After downloading and burning the WBEL images (ISO files) to CD, insert WBEL Disk #1 into the first server (linux1 in this example), power it on, and answer the installation screen prompts as noted below. After completing the Linux installation on the first node, perform the same Linux installation on the second node while substituting the node name linux1 for linux2 and the different IP addresses where appropriate.

Boot Screen
The first screen is the WBEL boot screen. At the boot: prompt, hit [Enter] to start the installation process.

Media Test
When asked to test the CD media, tab over to [Skip] and hit [Enter]. If there were any errors, the media burning software would have warned us. After several seconds, the installer should then detect the video card, monitor, and mouse. The installer then goes into GUI mode.

Welcome to White Box Enterprise Linux
At the welcome screen, click [Next] to continue.

Language / Keyboard / Mouse Selection
The next three screens prompt you for the Language, Keyboard, and Mouse settings. Make the appropriate selections for your configuration.

Installation Type
Choose the [Custom] option and click [Next] to continue.

Disk Partitioning Setup
Select [Automatically partition] and click [Next] continue.

If there were a previous installation of Linux on this machine, the next screen will ask if you want to "remove" or "keep" old partitions. Select the option to [Remove all partitions on this system]. Also, ensure that the [hda] drive is selected for this installation. I also keep the checkbox [Review (and modify if needed) the partitions created] selected. Click [Next] to continue.

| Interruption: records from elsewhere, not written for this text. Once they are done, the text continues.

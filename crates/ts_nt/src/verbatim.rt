// Blank labels and language tags, which are read as long as they can be and stay as written.
ghost use Rattle.std.specs.Prelude.{◌≡◌, ℕ, ◌++◌, List, chars, string_bytes, encode_utf8_all, IfOk, MatchOption};
ghost use Rattle.std.specs.Option.{option_map};
ghost use Rattle.ts_nt.specs.Reading.{Finds};
ghost use Rattle.ts_nt.specs.Terms.{LabelAt, TagAt};

use crate::front::after_char;
use std::alloc::AllocError;
use ts_model::{after_label, after_tag};

/// Appends the blank label at the front of a text, and gives the text after it.
pub fn read_label<'a>(text: &'a str, into: &mut String) -> Result<Option<&'a str>, AllocError>
    ensures { IfOk result (λ found. Finds LabelAt (chars text.now) (string_bytes into.old) (string_bytes into.new) (option_map (λ rest. chars rest.now) found)) }
{
    let Some(rest) = after_blank_label(text) else {
        return Ok(None)
    };
    append_front(text, rest, into)?;
    Ok(Some(rest))
}

/// Appends the language tag at the front of a text, and gives the text after it.
pub fn read_tag<'a>(text: &'a str, into: &mut String) -> Result<Option<&'a str>, AllocError>
    ensures { IfOk result (λ found. Finds TagAt (chars text.now) (string_bytes into.old) (string_bytes into.new) (option_map (λ rest. chars rest.now) found)) }
{
    let Some(rest) = after_language_tag(text) else {
        return Ok(None)
    };
    append_front(text, rest, into)?;
    Ok(Some(rest))
}

/// Appends what stands in a text before the rest of it.
fn append_front(text: &str, rest: &str, into: &mut String) -> Result<(), AllocError>
    requires { (front : List ℕ) × (chars text.now ≡ front ++ chars rest.now) }
    ensures { IfOk result (λ _. (front : List ℕ) → chars text.now ≡ front ++ chars rest.now → string_bytes into.new ≡ string_bytes into.old ++ encode_utf8_all front) }
{
    into.push_str(&text[..text.len() - rest.len()])
}

/// The text behind the blank label at its front.
fn after_blank_label(text: &str) -> Option<&str>
    ensures { MatchOption result ((spelling rest : List ℕ) → LabelAt (chars text.now) spelling rest → ⊥) (λ rest. (front : List ℕ) × LabelAt (chars text.now) (encode_utf8_all front) (chars rest.now) × (chars text.now ≡ front ++ chars rest.now)) }
{
    let behind = after_char(text, '_')?;
    let label = after_char(behind, ':')?;
    after_label(label)
}

/// The text behind the language tag at its front.
fn after_language_tag(text: &str) -> Option<&str>
    ensures { MatchOption result ((spelling rest : List ℕ) → TagAt (chars text.now) spelling rest → ⊥) (λ rest. (front : List ℕ) × TagAt (chars text.now) (encode_utf8_all front) (chars rest.now) × (chars text.now ≡ front ++ chars rest.now)) }
{
    let tag = after_char(text, '@')?;
    after_tag(tag)
}
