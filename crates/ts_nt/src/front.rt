// What stands at the front of a text.
ghost use Rattle.std.specs.Prelude.{◌≡◌, ◌≢◌, ◌∷◌, chars, IfSome, IfNone, List, ℕ};
ghost use Rattle.ts_nt.specs.TripleText.{after_blanks as behind_blanks};

use ts_model::split_char;

/// The text after a character, where it begins with that.
pub fn after_char(text: &str, c: char) -> Option<&str>
    ensures some { IfSome result (λ rest. chars text.now ≡ c ∷ chars rest.now) }
    ensures none { IfNone result ((others : List ℕ) → chars text.now ≢ c ∷ others) }
{
    let (first, rest) = split_char(text)?;
    (first == c).then_some(rest)
}

/// The text after the blanks at its front.
pub fn after_blanks(text: &str) -> &str
    ensures { chars result.now ≡ behind_blanks (chars text.now) }
{
    let mut rest = text;
    while let Some((' ' | '\t', more)) = split_char(rest) {
        rest = more;
    }
    rest
}
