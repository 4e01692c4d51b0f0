//! What loops mean: a loop at its positions is a call, whose evaluations are the points of its body at each position, with its index
//! and its inductions there. Nothing runs here. The definitions are in `specs/`: `Inductions` says what the names of a head stand for,
//! `Passes` what is evaluated and in which orders, `LiveOuts` what reductions and inductions leave, and `Ends` how a loop may end.
#![tactic(auto)]

mod laws;

pub use laws::{
    index_order_is_allowed, loops_in_order_are_free, names_are_known, offs_stand_together,
    orders_agree,
};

You will then be prompted with a dialog window asking if you really want to remove all partitions. Click [Yes] to acknowledge this warning.

Partitioning
The installer will then allow you to view (and modify if needed) the disk partitions it automatically selected. In almost all cases, the installer will choose 100MB for /boot, double the amount of RAM for swap, and the rest going to the root (/) partition. I like to have a minimum of 1GB for swap. For the purpose of this install, I will accept all automatically preferred sizes. (Including 2GB for swap since I have 1GB of RAM installed.)